- **TASK BRIEF**: Scan the data, and whenever a line contains "Rattle", copy it.

:::::

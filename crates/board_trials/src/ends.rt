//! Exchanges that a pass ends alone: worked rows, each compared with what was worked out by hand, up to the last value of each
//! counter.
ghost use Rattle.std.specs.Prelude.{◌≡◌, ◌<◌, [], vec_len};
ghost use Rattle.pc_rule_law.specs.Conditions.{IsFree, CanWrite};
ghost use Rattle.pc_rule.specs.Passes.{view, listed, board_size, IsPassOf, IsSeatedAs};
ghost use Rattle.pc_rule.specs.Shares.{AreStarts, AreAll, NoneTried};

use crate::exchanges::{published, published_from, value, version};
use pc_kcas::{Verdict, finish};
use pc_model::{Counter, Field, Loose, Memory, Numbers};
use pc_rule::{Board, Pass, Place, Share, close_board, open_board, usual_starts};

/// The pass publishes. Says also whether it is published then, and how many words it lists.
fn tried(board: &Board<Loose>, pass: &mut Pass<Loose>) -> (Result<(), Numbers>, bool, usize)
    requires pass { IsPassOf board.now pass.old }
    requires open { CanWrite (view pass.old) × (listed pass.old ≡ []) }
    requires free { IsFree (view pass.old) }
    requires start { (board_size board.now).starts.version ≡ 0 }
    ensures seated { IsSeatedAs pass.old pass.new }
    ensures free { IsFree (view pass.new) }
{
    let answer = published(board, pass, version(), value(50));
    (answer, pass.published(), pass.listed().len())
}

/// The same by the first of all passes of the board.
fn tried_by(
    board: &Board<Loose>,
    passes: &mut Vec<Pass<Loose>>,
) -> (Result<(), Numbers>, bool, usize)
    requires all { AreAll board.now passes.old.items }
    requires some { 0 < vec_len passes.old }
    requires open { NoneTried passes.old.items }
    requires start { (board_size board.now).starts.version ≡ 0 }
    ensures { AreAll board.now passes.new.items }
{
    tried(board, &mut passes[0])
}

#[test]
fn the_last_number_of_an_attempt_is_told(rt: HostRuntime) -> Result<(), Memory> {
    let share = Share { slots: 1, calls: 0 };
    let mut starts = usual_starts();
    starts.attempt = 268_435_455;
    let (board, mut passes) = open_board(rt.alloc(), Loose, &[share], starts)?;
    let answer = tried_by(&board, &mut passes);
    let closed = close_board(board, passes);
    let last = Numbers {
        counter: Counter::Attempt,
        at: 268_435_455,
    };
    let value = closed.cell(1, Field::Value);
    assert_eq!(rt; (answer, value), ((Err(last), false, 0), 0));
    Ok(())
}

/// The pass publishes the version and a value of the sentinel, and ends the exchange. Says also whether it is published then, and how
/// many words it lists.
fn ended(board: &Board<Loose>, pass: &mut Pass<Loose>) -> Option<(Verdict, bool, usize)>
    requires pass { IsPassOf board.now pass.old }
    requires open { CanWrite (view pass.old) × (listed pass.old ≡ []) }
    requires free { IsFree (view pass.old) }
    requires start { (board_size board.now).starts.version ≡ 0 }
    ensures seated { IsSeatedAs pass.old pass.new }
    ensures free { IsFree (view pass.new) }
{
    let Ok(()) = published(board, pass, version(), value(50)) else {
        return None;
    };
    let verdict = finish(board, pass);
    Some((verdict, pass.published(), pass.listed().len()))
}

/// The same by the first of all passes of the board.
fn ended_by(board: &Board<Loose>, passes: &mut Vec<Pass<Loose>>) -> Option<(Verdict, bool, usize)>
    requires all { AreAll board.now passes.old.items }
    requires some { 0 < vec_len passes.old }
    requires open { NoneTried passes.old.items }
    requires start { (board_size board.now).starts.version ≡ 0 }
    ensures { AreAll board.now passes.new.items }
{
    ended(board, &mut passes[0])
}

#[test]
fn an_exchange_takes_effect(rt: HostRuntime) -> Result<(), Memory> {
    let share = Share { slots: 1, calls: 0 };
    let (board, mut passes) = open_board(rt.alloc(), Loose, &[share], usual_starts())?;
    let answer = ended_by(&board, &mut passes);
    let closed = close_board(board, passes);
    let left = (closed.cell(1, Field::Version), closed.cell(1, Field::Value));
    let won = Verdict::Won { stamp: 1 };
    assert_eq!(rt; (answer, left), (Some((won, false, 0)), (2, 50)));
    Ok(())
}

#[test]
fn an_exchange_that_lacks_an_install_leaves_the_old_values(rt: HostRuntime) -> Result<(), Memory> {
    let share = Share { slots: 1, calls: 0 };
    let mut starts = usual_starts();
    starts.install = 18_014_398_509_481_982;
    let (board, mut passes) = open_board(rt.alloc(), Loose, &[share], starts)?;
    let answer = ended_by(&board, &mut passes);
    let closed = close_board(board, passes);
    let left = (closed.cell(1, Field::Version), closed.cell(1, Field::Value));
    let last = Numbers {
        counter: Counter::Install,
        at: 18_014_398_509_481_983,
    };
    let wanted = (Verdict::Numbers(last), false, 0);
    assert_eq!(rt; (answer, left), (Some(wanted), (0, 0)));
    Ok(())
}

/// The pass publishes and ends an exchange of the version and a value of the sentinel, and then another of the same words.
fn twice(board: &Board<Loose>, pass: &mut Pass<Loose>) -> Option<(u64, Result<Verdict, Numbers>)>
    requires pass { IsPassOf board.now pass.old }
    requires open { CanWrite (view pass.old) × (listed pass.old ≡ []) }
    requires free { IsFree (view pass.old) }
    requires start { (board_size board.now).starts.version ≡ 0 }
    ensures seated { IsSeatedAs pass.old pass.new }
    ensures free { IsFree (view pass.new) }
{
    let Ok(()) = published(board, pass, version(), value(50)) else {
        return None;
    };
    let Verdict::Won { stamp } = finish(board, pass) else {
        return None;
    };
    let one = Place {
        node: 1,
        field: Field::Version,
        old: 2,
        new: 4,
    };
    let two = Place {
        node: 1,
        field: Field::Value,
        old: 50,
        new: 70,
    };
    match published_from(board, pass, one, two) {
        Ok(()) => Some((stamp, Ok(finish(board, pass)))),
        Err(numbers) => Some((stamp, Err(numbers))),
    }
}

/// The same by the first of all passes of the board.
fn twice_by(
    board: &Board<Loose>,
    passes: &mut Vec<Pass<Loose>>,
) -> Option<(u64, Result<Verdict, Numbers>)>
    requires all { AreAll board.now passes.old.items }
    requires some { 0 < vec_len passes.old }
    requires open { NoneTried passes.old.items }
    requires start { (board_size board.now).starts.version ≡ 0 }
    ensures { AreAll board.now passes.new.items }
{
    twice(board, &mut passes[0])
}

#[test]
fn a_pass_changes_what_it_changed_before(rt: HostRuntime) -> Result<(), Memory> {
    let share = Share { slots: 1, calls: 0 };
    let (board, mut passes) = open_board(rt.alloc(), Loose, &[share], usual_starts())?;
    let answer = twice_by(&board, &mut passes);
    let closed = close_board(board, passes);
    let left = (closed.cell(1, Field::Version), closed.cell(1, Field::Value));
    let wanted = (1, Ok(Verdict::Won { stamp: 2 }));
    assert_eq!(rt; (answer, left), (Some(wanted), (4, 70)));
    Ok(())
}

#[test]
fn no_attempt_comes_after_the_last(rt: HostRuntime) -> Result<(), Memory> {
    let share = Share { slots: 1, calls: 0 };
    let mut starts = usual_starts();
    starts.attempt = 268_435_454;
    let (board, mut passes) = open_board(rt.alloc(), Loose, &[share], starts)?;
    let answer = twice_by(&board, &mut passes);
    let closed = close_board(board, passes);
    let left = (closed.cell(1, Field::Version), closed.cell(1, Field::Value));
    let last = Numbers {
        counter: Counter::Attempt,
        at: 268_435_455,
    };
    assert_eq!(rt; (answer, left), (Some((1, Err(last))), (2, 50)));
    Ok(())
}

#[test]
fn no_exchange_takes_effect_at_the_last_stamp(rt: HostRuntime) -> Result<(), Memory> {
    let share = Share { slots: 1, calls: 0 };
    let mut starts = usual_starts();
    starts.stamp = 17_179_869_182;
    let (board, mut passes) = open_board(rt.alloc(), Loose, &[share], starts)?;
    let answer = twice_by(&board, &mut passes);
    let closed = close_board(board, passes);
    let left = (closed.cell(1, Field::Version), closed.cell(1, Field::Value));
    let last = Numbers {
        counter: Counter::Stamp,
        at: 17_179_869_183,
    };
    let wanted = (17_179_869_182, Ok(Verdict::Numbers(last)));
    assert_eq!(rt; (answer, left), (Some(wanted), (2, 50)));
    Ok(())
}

:::::

- **SOLVED PROBLEM**:
ghost use Rattle.std.specs.Prelude.{◌≡◌, ◌<◌, [], vec_len};
ghost use Rattle.pc_rule_law.specs.Conditions.{IsFree, CanWrite};
ghost use Rattle.pc_rule.specs.Passes.{view, listed, board_size, IsPassOf, IsSeatedAs};
ghost use Rattle.pc_rule.specs.Shares.{AreStarts, AreAll, NoneTried};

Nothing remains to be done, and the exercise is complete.